L’agneau de Dieu – Jean 1.29

Lorsque nous lisons le premier chapitre de l’Évangile de Jean, nous y apprenons que Jean-Baptiste fut envoyé par Dieu pour rendre témoignage à la lumière afin que tous crussent par lui (Jn 1.6-8). C’est pourquoi les autres évangiles affirment qu’il était le messager envoyé pour préparer le chemin du Seigneur (Ma 1.2-3).

Jean-Baptiste avait déjà rencontré Jésus lors de son baptême et Dieu lui avait confirmé que Jésus était véritablement le Fils de Dieu. C’est à cela qu’il fait allusion lorsqu’il mentionne qu’il a vu l’Esprit descendre du ciel comme une colombe qui s’est posée sur lui (Jn 1.32-33).

Pour comprendre la signification de ce que Jean affirmait en disant « Voici l’agneau de Dieu », il faut connaître les textes de l’Ancien Testament ainsi que la signification de la place que prend l’agneau à titre de sacrifice pour le pardon des péchés.

En regardant le récit de la sortie d’Égypte. Nous remarquons que le peuple d’Israël était sous l’esclavage des Égyptiens et qu’il souffrait grandement de cette situation. Afin de démontrer sa puissance, l’Éternel avait affligé de plusieurs plaies les Égyptiens. Finalement, Dieu demanda au peuple d’Israël de choisir un agneau ou un chevreau sans défauts par maison (Exode 12.3-5). Par la suite, il a été demandé aux Israélites d’égorger leur agneau et de mettre son sang sur les cadrages de la porte de chaque maison, de le rôtir au feu et de le manger (Exode 12.6-11). Le sang sur les cadres de portes allait servir de signe pour indiquer à Dieu quelle maison épargner durant la nuit afin que Dieu fasse mourir les premiers-nés des Égyptiens tout en épargnant les ainés se trouvant dans les maisons marquées par le sang (v. 12-13). Cette journée est depuis lors célébrée et se nomme la Pâque, c’est l’une des 7 fêtes que l’Éternel demande à Israël de pratiquer (Lév. 23.5). Notons que l’agneau est utilisé dans l’Ancien Testament comme sacrifice pour l’expiation des péchés (Lév. 4.35).
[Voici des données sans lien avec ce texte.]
ghost use Rattle.std.specs.Prelude.{◌≡◌, IfOk, List, ℕ, unwrap_or, count_by, bytes_eq, map, option_map};
ghost use Rattle.indexmap.specs.IndexMap.{get};
ghost use Rattle.prism_names.specs.First.{first_repeated};

use indexmap::IndexMap;
use smc_num::Text;
use std::alloc::{AllocError, Global};

/// The first of these names that stands among all the names more than once.
pub fn first_repeated<'a>(
    alloc: Global,
    all: &[&Text],
    names: &[&'a Text],
) -> Result<Option<&'a Text>, AllocError>
    ensures { IfOk result (λ found. option_map (λ name. name.now) found ≡ first_repeated (map (λ name. name.now) all.now) (map (λ name. name.now) names.now)) }
{
    let counts = count_names(alloc, all)?;
    for name in names {
        if counts.get(*name).copied().unwrap_or(0) > 1 {
            return Ok(Some(*name));
        }
    }
    Ok(None)
}

/// How often each name stands among these.
fn count_names(alloc: Global, names: &[&Text]) -> Result<IndexMap<Text, usize>, AllocError>
    ensures { IfOk result (λ counts. (n : List ℕ) → unwrap_or (get bytes_eq counts n) 0 ≡ count_by (λ other. bytes_eq other n) (map (λ name. name.now) names.now)) }
{
    let mut counts: IndexMap<Text, usize> = IndexMap::new(alloc);
    for name in names {
        let before = counts.get(*name).copied().unwrap_or(0);
        counts.insert(name.copy(alloc)?, before + 1)?;
    }
    Ok(counts)
}
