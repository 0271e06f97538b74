//! The names that stand in trees of the modelling language, and the first of a list with something to be told.
#![tactic(auto)]

mod expressions;
mod repeated;
#[cfg(test)]
mod tests;

pub use expressions::names;
pub use repeated::first_repeated;
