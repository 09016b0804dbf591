//! Laws of the texts of datasets: where two pipelines have the texts of some datasets and of all that these read in common,
//! they have the datasets in common. There is no code to run here: a caller names a law by calling it, and has its fact then.
#![tactic(auto)]

mod laws;

pub use laws::{datasets_of_one_text_are_one, plans_are_judged, prints_tell_parts_apart};
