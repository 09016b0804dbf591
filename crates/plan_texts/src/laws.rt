//! Laws of the texts of datasets.

ghost use Rattle.std.specs.Prelude.{◌≡◌, List, Ok, ℕ};
ghost use Rattle.sql_tree.specs.declared.statement.Statement.{Statement};
ghost use Rattle.sql_print.specs.Placed.{statements_at};
ghost use Rattle.pipeline_sql.specs.Read.{print_text};
ghost use Rattle.plan_core.specs.Sound.{IsSoundPlan};
ghost use Rattle.plan_core.specs.declared.plan.Dataset.{Dataset};
ghost use Rattle.plan_check.specs.Checks.{Checks};
ghost use Rattle.plan_texts.specs.Judged.{AreJudged};
ghost use Rattle.plan_texts.specs.Readings.{AreRead};
ghost use Rattle.plan_texts.specs.Texts.{AreOfPlan, HaveTexts};

use file_options::options_have_one_answer;
use pipeline_sql::equal_prints_have_equal_statements;
use plan_check::{
    plans_have_different_names, plans_have_lesser_sources, plans_have_the_declared_names,
};
use sql_statements::answers_are_one;

/// A law: where some statements that are read of one text and some that are read of another one have
/// one canonical print, they are equal.
pub fn prints_tell_parts_apart()
    ensures { (first second : List Statement) (some others : List ℕ)
        → AreRead first
        → AreRead second
        → print_text (statements_at first some) ≡ print_text (statements_at second others)
        → statements_at first some ≡ statements_at second others }
{
    answers_are_one();
    equal_prints_have_equal_statements();
}

/// A law: each dataset of a plan that the checks give is what its statement and the flows into it make
/// over datasets of the plan, and has their canonical print for its text and the level above what they
/// read.
pub fn plans_are_judged()
    ensures { (statements : List Statement) (plan : List Dataset) → Checks statements (Ok plan) → AreJudged statements plan }
{
    plans_have_the_declared_names();
    plans_have_different_names();
    plans_have_lesser_sources();
}

/// A law: where datasets of one pipeline, closed under what they read, are declared in another one under
/// their names with their texts, that one has the very datasets under these names: the same columns,
/// flows or query, expectations and levels.
pub fn datasets_of_one_text_are_one()
    ensures { (first second : List Statement) (old new parts : List Dataset)
        → AreRead first
        → AreRead second
        → Checks first (Ok old)
        → Checks second (Ok new)
        → IsSoundPlan parts
        → AreOfPlan old parts
        → HaveTexts new parts
        → AreOfPlan new parts }
{
    prints_tell_parts_apart();
    plans_are_judged();
    options_have_one_answer();
}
Lorsque Dieu demanda à Abraham d’offrir en sacrifice son fils unique (Ge 22.1-2), nous constatons la foi d’Abraham et de son obéissance envers son Dieu. Il accepta cette demande et lorsque son fils Isaac demanda où est l’agneau pour l’holocauste, Abraham répondit que Dieu se pourvoira lui-même de l’agneau pour l’holocauste (Ge 22.7-8).

Voilà donc qu’avec Jean-Baptiste nous retrouvons l’agneau que Dieu a choisi pour la rémission des péchés. Le prophète Ésaïe dans l’une de ses prophéties a affirmé en parlant de Jésus « Nous étions tous errants comme des brebis, nous suivions chacun son propre chemin, et l’Éternel a fait venir sur lui l’iniquité de nous tous… Or il a plu à l’Éternel de le frapper; il l’a mis dans la souffrance. Après avoir offert sa vie en sacrifice pour le péché, il se verra de la postérité, il prolongera ses jours, et le bon plaisir de l’Éternel prospérera dans ses mains. » (Ésaïe 53.6; 10).

Jean-Baptiste annonçait donc à ceux qui étaient avec lui ce que Jésus allait accomplir sur la croix. Cette affirmation que Jésus était l’agneau de Dieu était le sujet de l’espérance de tous ceux qui mettaient leur confiance dans la Parole de Dieu. C’est pourquoi nous lisons que deux des disciples de Jean choisirent de suivre Jésus.

Il est également mentionné que Jésus, l’agneau immolé est digne de recevoir puissance, et richesse, et sagesse, et force, et honneur, et gloire, et louange (Apoc. 5.12). Oui! Jésus est mort à la croix, mais Dieu n’a pas permis qu’il demeure dans la mort. Jésus est ressuscité et bientôt ceux qui ont mis leur foi en lui seront rassemblés pour la plus grande célébration que l’histoire du monde n’a jamais connue. Ce sera les noces de l’Agneau, l’occasion de se réjouir et de faire éclater notre joie en lui donnant gloire (Apoc. 19.7)!